The Design and Implementation of a Broadly Applicable Algorithm for Optimizing Intra-Day Surgical Scheduling (2203.08146v1)

Abstract: Surgical scheduling optimization is an active area of research. However, few algorithms to optimize surgical scheduling are implemented and see sustained use. An algorithm is more likely to be implemented, if it allows for surgeon autonomy, i.e., requires only limited scheduling centralization, and functions in the limited technical infrastructure of widely used electronic medical records (EMRs). In order for an algorithm to see sustained use, it must be compatible with changes to hospital capacity, patient volumes, and scheduling practices. To meet these objectives, we developed the BEDS (better elective day of surgery) algorithm, a greedy heuristic for smoothing unit-specific surgical admissions across days. We implemented BEDS in the EMR of a large pediatric academic medical center. The use of BEDS was associated with a reduction in the variability in the number of admissions. BEDS is freely available as a dashboard in Tableau, a commercial software used by numerous hospitals. BEDS is readily implementable with the limited tools available to most hospitals, does not require reductions to surgeon autonomy or centralized scheduling, and is compatible with changes to hospital capacity or patient volumes. We present a general algorithmic framework from which BEDS is derived based on a particular choice of objectives and constraints. We argue that algorithms generated by this framework retain many of the desirable characteristics of BEDS while being compatible with a wide range of objectives and constraints.

• The paper introduces the greedy BEDS algorithm that integrates with existing electronic medical records and preserves surgeon autonomy.
• It employs routinely collected data to minimize the variability in daily elective surgical admissions.
• Discrete event simulation validation demonstrated a significant reduction in admission variance, enhancing operational efficiency.

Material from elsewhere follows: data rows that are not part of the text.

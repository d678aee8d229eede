//! Printing the hits of a cursor, one line after another.
ghost use Rattle.std.specs.Prelude.{flat_map, ◌≡◌, OnOk, IfErr, IsErrOf};
ghost use Rattle.hwdb_spec.specs.Flushing.{HandsOn};
ghost use Rattle.hwdb_spec.specs.Outputs.{CutShort, Took};
ghost use Rattle.hwdb_answers.specs.Lookups.{IsPrintRefusal, TookLines, one_less};
ghost use Rattle.hwdb_spec_commands.specs.Listings.{line_of, list_page};
ghost use Rattle.hwdb_query.specs.Views.{assignment_of_hit};
ghost use Rattle.hwdb_spec.specs.Texts.{within_limit};

use crate::json_lines::hit_json_line;
use crate::texts::set_hit_line;
use hwdb_io::{Sink, write_text};
use hwdb_query::{Cursor, Hit};
use hwdb_spec::ToolError;
use std::alloc::{AllocError, Global};

/// Makes a text the line of a hit: with tabs between its parts, or as an object of JSON.
///
/// The only error is want of memory.
pub fn set_line(
    alloc: Global,
    line: &mut Vec<u8>,
    hit: &Hit<'_>,
    json: bool,
) -> Result<(), AllocError>
    ensures { OnOk result (line.new.items ≡ line_of json (assignment_of_hit hit.now)) }
{
    if json {
        *line = hit_json_line(alloc, hit)?;
        Ok(())
    } else {
        set_hit_line(line, hit)
    }
}

/// A limit after one more line.
fn one_less(limit: Option<u64>) -> Option<u64>
    ensures { result ≡ one_less limit }
{
    match limit {
        Some(n) => Some(n.saturating_sub(1)),
        None => None,
    }
}

/// Prints a line for each of the first `limit` hits that the cursor has still to yield. It holds at most a page of 64.
pub fn print_hits<O: Sink>(
    alloc: Global,
    hits: &mut Cursor<'_, '_>,
    limit: Option<u64>,
    json: bool,
    out: &mut O,
) -> Result<(), ToolError>
    requires page { hits.old.page ≡ list_page }
    ensures printed { OnOk result
        (Took (flat_map (line_of json) (within_limit limit hits.old.to_come))
        (O.taken out.old) (O.taken out.new) (O.failures out.old) (O.failures out.new)) }
    ensures refusals { IfErr result IsPrintRefusal }
    ensures cut_short { IsErrOf result ToolError.Write
        → CutShort (flat_map (line_of json) (within_limit limit hits.old.to_come))
        (O.taken out.old) (O.taken out.new) (O.failures out.old) (O.failures out.new) }
    ensures whole_lines { IsErrOf result ToolError.Memory
        → TookLines (line_of json) (within_limit limit hits.old.to_come)
        (O.taken out.old) (O.taken out.new) (O.failures out.old) (O.failures out.new) }
    ensures hands_on { HandsOn (O.is_flushed out.old) (O.is_flushed out.new)
        (O.failures out.old) (O.failures out.new) }
{
    let mut line = Vec::new(alloc);
    let mut left = limit;
    'printing: while left != Some(0) {
        let Some(hit) = hits.next()? else {
            return Ok(());
        };
        set_line(alloc, &mut line, &hit, json)?;
        write_text(out, &line)?;
        left = one_less(left);
    }
    Ok(())
}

The paper, "The Design and Implementation of a Broadly Applicable Algorithm for Optimizing Intra-Day Surgical Scheduling," presents an algorithm–termed the BEDS (Better Elective Day of Surgery) algorithm–aimed at optimizing surgical scheduling to smooth the variability in daily surgical admissions. BEDS is a greedy heuristic designed to aid hospitals in scheduling elective surgeries while retaining surgeon autonomy and leveraging pre-existing electronic medical record (EMR) infrastructure.

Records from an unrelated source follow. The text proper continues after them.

//! The texts that are printed: properties, lines of hits, fault lines.
ghost use Rattle.std.specs.Prelude.{◌≡◌, ◌++◌, map, IfOk, OnOk};
ghost use Rattle.hwdb_compile.specs.Views.{fault_of};
ghost use Rattle.hwdb_query.specs.Views.{assignment_of_hit, pairs_bytes};
ghost use Rattle.hwdb_spec.specs.Texts.{property_text, properties_text, hit_text, place_text, fault_line, faults_text, faults_text_at};

use hwdb_compile::FileFault;
use hwdb_query::Hit;
use hwdb_show::push_name;
use hwdb_text::Fault;
use itoa::Buffer;
use std::alloc::{AllocError, Global};

/// A line `KEY=VALUE` for each property.
pub fn property_lines(alloc: Global, properties: &[(&[u8], &[u8])]) -> Result<Vec<u8>, AllocError>
    ensures { IfOk result (λ text. text.items ≡ properties_text (pairs_bytes properties.now)) }
{
    let mut text = Vec::new(alloc);
    for (key, value) in properties {
        push_property(&mut text, key, value)?;
    }
    Ok(text)
}

/// Adds `KEY=VALUE` and a newline.
pub fn push_property(text: &mut Vec<u8>, key: &[u8], value: &[u8]) -> Result<(), AllocError>
    ensures { OnOk result (text.new.items ≡ text.old.items ++ property_text (key.now, value.now)) }
{
    text.extend_from_slice(key)?;
    text.push(b'=')?;
    text.extend_from_slice(value)?;
    text.push(b'\n')?;
    Ok(())
}

/// Makes a text the line of a hit: its position, a tab, the pattern, a tab, the property. The line takes the text's
/// memory, and more only if it is longer.
pub fn set_hit_line(line: &mut Vec<u8>, hit: &Hit<'_>) -> Result<(), AllocError>
    ensures { OnOk result (line.new.items ≡ hit_text (assignment_of_hit hit.now)) }
{
    line.clear();
    hit.push_position(line)?;
    line.push(b'\t')?;
    line.extend_from_slice(&hit.pattern)?;
    line.push(b'\t')?;
    push_property(line, hit.key, hit.value)?;
    Ok(())
}

/// Adds where a fault is: the path, as names are shown, `:`, the line's number.
pub fn push_place(text: &mut Vec<u8>, path: &[u8], line: u32) -> Result<(), AllocError>
    ensures { OnOk result (text.new.items ≡ text.old.items ++ place_text path.now line) }
{
    let mut number = Buffer::new();
    push_name(text, path)?;
    text.push(b':')?;
    text.extend_from_slice(number.format(line).as_bytes())?;
    Ok(())
}

/// Adds the line of a fault: where it is, `: `, what is wrong.
fn push_fault(text: &mut Vec<u8>, path: &[u8], fault: Fault) -> Result<(), AllocError>
    ensures { OnOk result (text.new.items ≡ text.old.items ++ fault_line path.now fault) }
{
    push_place(text, path, fault.line)?;
    text.push(b':')?;
    text.push(b' ')?;
    text.extend_from_slice(fault.kind.text().as_bytes())?;
    text.push(b'\n')?;
    Ok(())
}

/// A line for each fault, with the stored path of its file.
pub fn fault_lines(alloc: Global, faults: &[FileFault]) -> Result<Vec<u8>, AllocError>
    ensures { IfOk result (λ text. text.items ≡ faults_text (map fault_of faults.now)) }
{
    let mut text = Vec::new(alloc);
    for found in faults {
        push_fault(&mut text, &found.path, found.fault)?;
    }
    Ok(text)
}

/// A line for each fault, all with one path.
pub fn fault_lines_at(
    alloc: Global,
    path: &[u8],
    faults: &[FileFault],
) -> Result<Vec<u8>, AllocError>
    ensures { IfOk result (λ text. text.items ≡ faults_text_at path.now (map fault_of faults.now)) }
{
    let mut text = Vec::new(alloc);
    for found in faults {
        push_fault(&mut text, path, found.fault)?;
    }
    Ok(text)
}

Key Objectives and Features of BEDS:

1. Compatibility with Existing Workflows: The algorithm integrates seamlessly into conventional surgical scheduling processes, requiring minimal changes in standard operations.
2. Implementation in Constrained Environments: BEDS is implementable with limited computational resources and operates within the functionality of commonly used EMRs like EPIC and Cerner.
3. Autonomy Preservation: It is designed to work without necessitating reductions in surgeon autonomy or centralized scheduling, allowing flexibility in surgeon decisions and preferences.
4. Adoption and Flexibility: The algorithm is robust to fluctuations in demand, changes in hospital capacity, and overhauls in operations.
5. Availability: BEDS is freely accessible for use through Tableau, emphasizing its ready deployability in various hospital settings.

Methodology and Implementation:

• BEDS uses routinely collected data such as procedure duration, surgeon availability, patient availability, and post-operative unit capacity. The goal is to minimize daily variance in hospital admissions by using a simple heuristic that schedules surgeries on days predicted to have lower bed occupancy.
• The model retains adaptability, allowing for modifications in the recommendation logic to fit specific institutional needs by adjusting the objective function based on local objectives and constraints.

Experimental Validation:

• Prior to full adoption, the BEDS algorithm was validated using a discrete event simulation model. Historical data from the Lucile Packard Stanford Children's Hospital was used, demonstrating a significant reduction in variability of daily surgical admissions post-implementation.

Initial Results:

• The implementation of BEDS in a Stanford children's hospital led to measurable improvements, with a significant reduction in the variability of elective surgical admissions compared to corresponding historical periods. For example, the coefficient of variation of daily elective admissions in post-operative units saw reductions, making post-surgical resource planning more predictable and efficient.

Conclusion:

The paper concludes that BEDS offers a pragmatic solution to scheduling challenges faced by hospitals by reducing variability in surgical admissions and aligning with real-world clinician practices and patient needs. This approach can potentially serve as a benchmark for more complex algorithmic solutions in operating room and bed demand management while maintaining operational simplicity and practitioner autonomy. BEDS is ready for deployment and offers a straightforward implementation pathway for institutions aiming to enhance their surgical scheduling efficiencies.